Most likely temperature change. I accidentally broke a glass mug by putting it under the tap running cold water in it, after I had microwaved hot water in it for tea. It did a clean split right in half.


----------



## SMJB (Jun 18, 2021)

Thanks, Guys,
I'll be more careful when I wash them. I'll be digging there again today. Hopefully I'll have something worthwhile to post tonight. Any thoughts on age of the perfume? At least I think it's perfume.


----------



## bottlecrazy (Jun 18, 2021)

Perfume looks early machine made to me - 1900-1910?  Cool logo!  No idea what company it relates to, though.


----------



## SMJB (Jun 18, 2021)

bottlecrazy said:


> Perfume looks early machine made to me - 1900-1910?  Cool logo!  No idea what company it relates to, though.
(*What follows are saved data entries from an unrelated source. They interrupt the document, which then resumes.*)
// Drives a decoder of samples by the waits that it asks for.
ghost use Rattle.std.specs.Prelude.{◌≡◌, ◌≤◌, ◌<◌, ◌+◌, ◌^◌, [], ◌∷◌, ◌++◌, ℕ, List, length, min};
ghost use Rattle.std.specs.Prelude.{replicate, take, ◌≢◌, ◌-◌, true, false, IfSome};
ghost use Rattle.la_base.specs.Samples.{samples};
ghost use Rattle.la_base.specs.declared.wires.Wire.TheVariants.{Logic};
ghost use Rattle.wait_cond.specs.Conds.{IsExact, IsFall, IsTimer};
ghost use Rattle.la_base.specs.Runs.{samples_of};
ghost use Rattle.wait_cond.specs.Waiting.{Waits, alts_of, wait_from, consumed_by, last_of};
ghost use Rattle.wait_cond.specs.Waiting.{rest_len, rest_samples};
ghost use Rattle.decoder_core.specs.Inputs.{Item, Sample, counted_samples, items_of, left_feed};
ghost use Rattle.decoder_core.specs.Inputs.{left_items};
ghost use Rattle.decoder_core.specs.Driving.{LeavesFewer, Passes, ReachesStop, Steps, StepsRuns};
ghost use Rattle.decoder_core.specs.Driving.{StopsFirst};
ghost use Rattle.decoder_core.specs.Driving.{Drives, Sleeps, SameState};
ghost use Rattle.decoder_core.specs.laws.CountedLaws.{nothing_counted, front_counted, few_counted};

use crate::timed::{first_next, walk_stops};
use crate::walks::walk_runs;
use crate::{LogicMachine, Machine, Outs, Taken};
use la_base::{Feed, Run, Wire};
use wait_cond::{Scan, Waiter};

// How many samples count.
const MOST_SAMPLES: u64 = 1 << 60;

/// A decoder of samples as a machine of any input: it waits for the samples that the decoder asks
/// for, and stands for the samples that count. Those are all that are numbered below 2^60; packets
/// don't count.
#[derive(Drop)]
pub struct Driver<L: LogicMachine> {
    pub(crate) machine: L,
    pub(crate) waiter: Waiter,
}
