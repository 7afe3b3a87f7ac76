//! The numbers of the index file.

/// The most words of a block.
pub const MAX_BLOCK_WORDS: u32 = 1 << 16;

/// The most that a target may be: how many rows a block of several words may have.
pub const MAX_TARGET: u32 = 1 << 20;

/// The target that index files are built with.
pub const TARGET: u32 = 8192;

/// The bytes of the header.
pub const HEADER_BYTES: u32 = 44;

/// The bytes of a number.
pub const NUMBER_BYTES: u32 = 4;

/// The bytes of what the directory says of one block, in version 1.
pub const ENTRY_BYTES: u32 = 16;

/// The same in version 2: its least and its greatest document stand behind.
pub const BOUNDED_ENTRY_BYTES: u32 = 24;
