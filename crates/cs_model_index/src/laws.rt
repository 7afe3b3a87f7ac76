//! Laws about the definitions, and the numbers as they are promised. Each is the contract of a function that does nothing.
ghost use Rattle.std.specs.Prelude.{◌≡◌, ◌^◌};
ghost use Rattle.cs_model_index.specs.FileLaws.{FilesFollowBlocks, ImagesFollowBlocks, ReadCorporaFollowBlocks, ReadingFollowsBlocks};
ghost use Rattle.cs_model_index.specs.Images.{ImagesAreOne, ImagesExist, ImagesKeepCorpora};
ghost use Rattle.cs_model_index.specs.Partitions.{PartitionsAreOne, PartitionsExist};

use crate::limits::*;

/// The numbers of the index file.
pub fn index_limits()
    ensures block_words { MAX_BLOCK_WORDS ≡ 2 ^ 16 }
    ensures most_target { MAX_TARGET ≡ 2 ^ 20 }
    ensures target { TARGET ≡ 8192 }
    ensures header { HEADER_BYTES ≡ 44 }
    ensures number { NUMBER_BYTES ≡ 4 }
    ensures entry { ENTRY_BYTES ≡ 16 }
    ensures bounded_entry { BOUNDED_ENTRY_BYTES ≡ 24 }
{}

/// No words have two partitions, and no corpus has two images for one target and weights. The image of a corpus holds that corpus.
pub fn one_image()
    ensures partitions { PartitionsAreOne }
    ensures images { ImagesAreOne }
    ensures corpora { ImagesKeepCorpora }
{}

/// Words have a partition, and a corpus whose documents are numbered from 0 without gaps has an image, for each target.
pub fn an_image()
    ensures partitions { PartitionsExist }
    ensures images { ImagesExist }
{}

/// Where the laws of blocks hold, an index file is the file of the image that is read of it.
pub fn files()
    ensures { FilesFollowBlocks }
{}

/// Where the laws of blocks hold, the file of an image within the limits is an index file, of which this image is read;
/// and what is read of an index file is a corpus and its image.
pub fn accepted_files()
    ensures images { ImagesFollowBlocks }
    ensures reading { ReadingFollowsBlocks }
    ensures corpora { ReadCorporaFollowBlocks }
{}
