//! What an index file is: images of a corpus, their bytes, and the rules that tell them. Definitions, and laws about them; it
//! has no running code.
#![tactic(auto)]

pub mod laws;
mod limits;

pub use limits::{
    BOUNDED_ENTRY_BYTES, ENTRY_BYTES, HEADER_BYTES, MAX_BLOCK_WORDS, MAX_TARGET, NUMBER_BYTES,
    TARGET,
};
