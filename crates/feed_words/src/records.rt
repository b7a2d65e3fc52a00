//! The record that the words of a line stand for.

ghost use Rattle.std.specs.Prelude.{◌≡◌, ◌≤◌, ◌^◌, [], ◌∷◌, ◌++◌, length, IfOk, OnOk, IsSome, ℕ, List, Option, Some, None, Result, Ok, Err};
ghost use Rattle.line_words.specs.Words.{words_of};
ghost use Rattle.line_words.specs.Reading.{Gives};
ghost use Rattle.feed_words.specs.Heads.{GivesRecord, GivesPiece, piece_octets};
ghost use Rattle.feed_words.specs.Records.{established, connect, time, work, bare, ospf_lost, reason, close, summary, any_record, bgp, ospf, rare_record, platform_record, record_of, fitting_record, words_octets};

use crate::parts::{Protocol, parts};
use line_words::{
    Stop, Why, address_word, code_word, ended, fault, hex_word, number_field, number_word,
    octet_word, split_word,
};
use std::alloc::AllocError;

/// The fields of a record before its body.
#[derive(Clone, Copy)]
pub(crate) struct Head {
    pub kind: u8,
    pub source: u32,
}

/// The most octets that a body has.
const MOST_BODY: usize = 65536;

#[tactic(auto, unfolding(crate::specs::Records::established))]
fn established(words: &[u8], body: &mut Vec<u8>) -> Result<Head, Stop>
    requires { body.old.items ≡ [] }
    ensures { GivesRecord result body.new.items (established (words_of words.now)) }
{
    let (source, words) = number_word::<u32>(words)?;
    let (id, words) = address_word(words)?;
    ended(words)?;
    body.extend_from_slice(&id.to_be_bytes())?;
    Ok(Head { kind: b'E', source })
}

#[tactic(auto, unfolding(crate::specs::Records::connect))]
fn connect(words: &[u8], body: &Vec<u8>) -> Result<Head, Stop>
    requires { body.now.items ≡ [] }
    ensures { GivesRecord result body.now.items (connect (words_of words.now)) }
{
    let (source, words) = number_word::<u32>(words)?;
    ended(words)?;
    Ok(Head { kind: b'U', source })
}

#[tactic(auto, unfolding(crate::specs::Records::time))]
fn time(words: &[u8], body: &mut Vec<u8>) -> Result<Head, Stop>
    requires { body.old.items ≡ [] }
    ensures { GivesRecord result body.new.items (time (words_of words.now)) }
{
    let (seconds, words) = number_word::<u64>(words)?;
    ended(words)?;
    body.extend_from_slice(&seconds.to_be_bytes())?;
    Ok(Head {
        kind: b'T',
        source: 0,
    })
}

#[tactic(auto, unfolding(crate::specs::Records::work))]
fn work(words: &[u8], body: &mut Vec<u8>) -> Result<Head, Stop>
    requires { body.old.items ≡ [] }
    ensures { GivesRecord result body.new.items (work (words_of words.now)) }
{
    let (shard, words) = number_word::<u16>(words)?;
    let (count, words) = number_word::<u32>(words)?;
    ended(words)?;
    body.extend_from_slice(&shard.to_be_bytes())?;
    body.extend_from_slice(&count.to_be_bytes())?;
    Ok(Head {
        kind: b'W',
        source: 0,
    })
}

/// A kind with no fields.
#[tactic(auto, unfolding(crate::specs::Records::bare))]
fn bare(kind: u8, words: &[u8], body: &Vec<u8>) -> Result<Head, Stop>
    requires { body.now.items ≡ [] }
    ensures { GivesRecord result body.now.items (bare kind (words_of words.now)) }
{
    ended(words)?;
    Ok(Head { kind, source: 0 })
}

#[tactic(auto, unfolding(crate::specs::Records::ospf_lost))]
fn ospf_lost(words: &[u8], body: &mut Vec<u8>) -> Result<Head, Stop>
    requires { body.old.items ≡ [] }
    ensures { GivesRecord result body.new.items (ospf_lost (words_of words.now)) }
{
    let (place, words) = number_word::<u64>(words)?;
    ended(words)?;
    body.extend_from_slice(&place.to_be_bytes())?;
    Ok(Head {
        kind: b'Q',
        source: 0,
    })
}

/// Appends the reason, code and subcode of a connection's end, where words give them.
#[tactic(auto, unfolding(crate::specs::Records::reason))]
fn reason<'a>(words: &'a [u8], body: &mut Vec<u8>) -> Result<&'a [u8], Stop>
    requires { body.old.items ≡ [] }
    ensures { Gives (λ rest. (body.new.items, words_of rest.now)) result (reason (words_of words.now)) }
{
    let Some((word, rest)) = split_word(words) else {
        return Ok(words);
    };
    if word == b"fault".as_slice() {
        body.push(1)?;
        code_word(rest, body)
    } else if word == b"received".as_slice() {
        body.push(2)?;
        code_word(rest, body)
    } else if word == b"peer-closed".as_slice() {
        body.extend_from_slice(&[3, 0, 0])?;
        Ok(rest)
    } else if word == b"seat-taken".as_slice() {
        body.push(4)?;
        code_word(rest, body)
    } else {
        Err(fault(words, Why::Word))
    }
}

#[tactic(auto, unfolding(crate::specs::Records::close))]
fn close(words: &[u8], body: &mut Vec<u8>) -> Result<Head, Stop>
    requires { body.old.items ≡ [] }
    ensures { GivesRecord result body.new.items (close (words_of words.now)) }
{
    let (source, words) = number_word::<u32>(words)?;
    let words = reason(words, body)?;
    ended(words)?;
    Ok(Head { kind: b'X', source })
}

#[tactic(auto, unfolding(crate::specs::Records::summary))]
fn summary(words: &[u8], body: &mut Vec<u8>) -> Result<Head, Stop>
    requires { body.old.items ≡ [] }
    ensures { GivesRecord result body.new.items (summary (words_of words.now)) }
{
    let (routers, words) = number_field::<u64>(words, b"routers=")?;
    let (prefixes, words) = number_field::<u64>(words, b"prefixes=")?;
    let (updates, words) = number_field::<u64>(words, b"updates=")?;
    ended(words)?;
    body.extend_from_slice(&routers.to_be_bytes())?;
    body.extend_from_slice(&prefixes.to_be_bytes())?;
    body.extend_from_slice(&updates.to_be_bytes())?;
    Ok(Head {
        kind: b'S',
        source: 0,
    })
}

/// A record of any kind.
#[tactic(auto, unfolding(crate::specs::Records::any_record))]
fn any_record(words: &[u8], body: &mut Vec<u8>) -> Result<Head, Stop>
    requires { body.old.items ≡ [] }
    ensures { GivesRecord result body.new.items (any_record (words_of words.now)) }
{
    let (kind, words) = octet_word(words)?;
    let (source, words) = number_word::<u32>(words)?;
    let words = hex_word(words, body)?;
    ended(words)?;
    Ok(Head { kind, source })
}

#[tactic(auto, unfolding(crate::specs::Records::bgp))]
fn bgp(words: &[u8], body: &mut Vec<u8>) -> Result<Head, Stop>
    requires { body.old.items ≡ [] }
    ensures { GivesRecord result body.new.items (bgp (words_of words.now)) }
{
    let (source, words) = number_word::<u32>(words)?;
    parts(Protocol::Bgp, words, body)?;
    Ok(Head { kind: b'B', source })
}

#[tactic(auto, unfolding(crate::specs::Records::ospf))]
fn ospf(words: &[u8], body: &mut Vec<u8>) -> Result<Head, Stop>
    requires { body.old.items ≡ [] }
    ensures { GivesRecord result body.new.items (ospf (words_of words.now)) }
{
    parts(Protocol::Ospf, words, body)?;
    Ok(Head {
        kind: b'L',
        source: 0,
    })
}

/// The record of the words of a line; its body is appended. The first word is `word`, and `rest` the ones after it.
#[tactic(auto, unfolding(crate::specs::Records::record_of))]
fn record_of(words: &[u8], word: &[u8], rest: &[u8], body: &mut Vec<u8>) -> Result<Head, Stop>
    requires first { words_of words.now ≡ word.now ∷ words_of rest.now }
    requires empty { body.old.items ≡ [] }
    ensures { GivesRecord result body.new.items (record_of word.now (words_of rest.now)) }
{
    if word == b"established".as_slice() {
        established(rest, body)
    } else if word == b"connect".as_slice() {
        connect(rest, body)
    } else if word == b"bgp".as_slice() {
        bgp(rest, body)
    } else if word == b"close".as_slice() {
        close(rest, body)
    } else {
        platform_record(words, word, rest, body)
    }
}

/// A record of the platform, whose source is 0, or one of any kind.
#[tactic(auto, unfolding(crate::specs::Records::platform_record))]
fn platform_record(words: &[u8], word: &[u8], rest: &[u8], body: &mut Vec<u8>) -> Result<Head, Stop>
    requires first { words_of words.now ≡ word.now ∷ words_of rest.now }
    requires empty { body.old.items ≡ [] }
    ensures { GivesRecord result body.new.items (platform_record word.now (words_of rest.now)) }
{
    if word == b"ospf".as_slice() {
        ospf(rest, body)
    } else if word == b"time".as_slice() {
        time(rest, body)
    } else if word == b"work".as_slice() {
        work(rest, body)
    } else if word == b"drain".as_slice() {
        bare(b'D', rest, body)
    } else if word == b"end".as_slice() {
        bare(b'Z', rest, body)
    } else {
        rare_record(words, word, rest, body)
    }
}

/// A record that a feed doesn't have, or one of any kind.
#[tactic(auto, unfolding(crate::specs::Records::rare_record))]
fn rare_record(words: &[u8], word: &[u8], rest: &[u8], body: &mut Vec<u8>) -> Result<Head, Stop>
    requires first { words_of words.now ≡ word.now ∷ words_of rest.now }
    requires empty { body.old.items ≡ [] }
    ensures { GivesRecord result body.new.items (rare_record word.now (words_of rest.now)) }
{
    if word == b"ospf-lost".as_slice() {
        ospf_lost(rest, body)
    } else if word == b"summary".as_slice() {
        summary(rest, body)
    } else if word == b"record".as_slice() {
        any_record(rest, body)
    } else {
        Err(fault(words, Why::Word))
    }
}

#[tactic(auto, unfolding(crate::specs::Records::fitting_record))]
fn fitting_record(words: &[u8], word: &[u8], rest: &[u8], body: &mut Vec<u8>) -> Result<Head, Stop>
    requires first { words_of words.now ≡ word.now ∷ words_of rest.now }
    requires empty { body.old.items ≡ [] }
    ensures gives { GivesRecord result body.new.items (fitting_record word.now (words_of rest.now)) }
    ensures short { OnOk result (length body.new.items ≤ 65536) }
{
    let head = record_of(words, word, rest, body)?;
    if body.len() > MOST_BODY {
        return Err(fault(words, Why::Long));
    }
    Ok(head)
}

/// The octets that the words of a line stand for: those of the record with this head and body, or the body alone where the
/// line is of octets. The first word is `word`, and `rest` the ones after it.
#[tactic(auto, unfolding(crate::specs::Records::words_octets))]
pub(crate) fn piece_of(
    words: &[u8],
    word: &[u8],
    rest: &[u8],
    body: &mut Vec<u8>,
) -> Result<Option<Head>, Stop>
    requires first { words_of words.now ≡ word.now ∷ words_of rest.now }
    requires empty { body.old.items ≡ [] }
    ensures gives { GivesPiece result body.new.items (words_octets word.now (words_of rest.now)) }
    ensures short { IfOk result (λ head. IsSome head → length body.new.items ≤ 65536) }
{
    if word == b"octets".as_slice() {
        let rest = hex_word(rest, body)?;
        ended(rest)?;
        Ok(None)
    } else {
        let head = fitting_record(words, word, rest, body)?;
        Ok(Some(head))
    }
}

/// Appends the octets of a piece.
pub(crate) fn push_piece(
    out: &mut Vec<u8>,
    head: Option<Head>,
    body: &[u8],
) -> Result<(), AllocError>
    requires { IsSome head → length body.now ≤ 65536 }
    ensures { OnOk result (out.new.items ≡ out.old.items ++ piece_octets head body.now) }
{
    if let Some(head) = head {
        out.push(head.kind)?;
        out.extend_from_slice(&head.source.to_be_bytes())?;
        out.extend_from_slice(&(body.len() as u32).to_be_bytes())?;
    }
    out.extend_from_slice(body)
}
Thanks! Older than I thought. Very cool logo. I couldn't find anything close online. I like the aqua color.


----------



## zsmith333 (Jun 18, 2021)

Id love to have a dump like this on my property. But alas my dog just digs up crap from the 70s lol


----------



## SMJB (Jun 18, 2021)

zsmith333 said:


> Id love to have a dump like this on my property. But alas my dog just digs up crap from the 70s lol


Yeah, that's me!
Every time I bring in something I dig,  my wife hits me on the nose with a rolled up newspaper!


----------



## zsmith333 (Jun 18, 2021)

SMJB said:


> Yeah, that's me!
> Every time I bring in something I dig,  my wife hits me on the nose with a rolled up newspaper!


Thats how my wife is when i come back from the creek with a bunch of new bottles


----------



## east texas terry (Jun 18, 2021)

Toma777 said:


> Most likely temperature change. I accidentally broke a glass mug by putting it under the tap running cold water in it, after I had microwaved hot water in it for tea. It did a clean split right in half.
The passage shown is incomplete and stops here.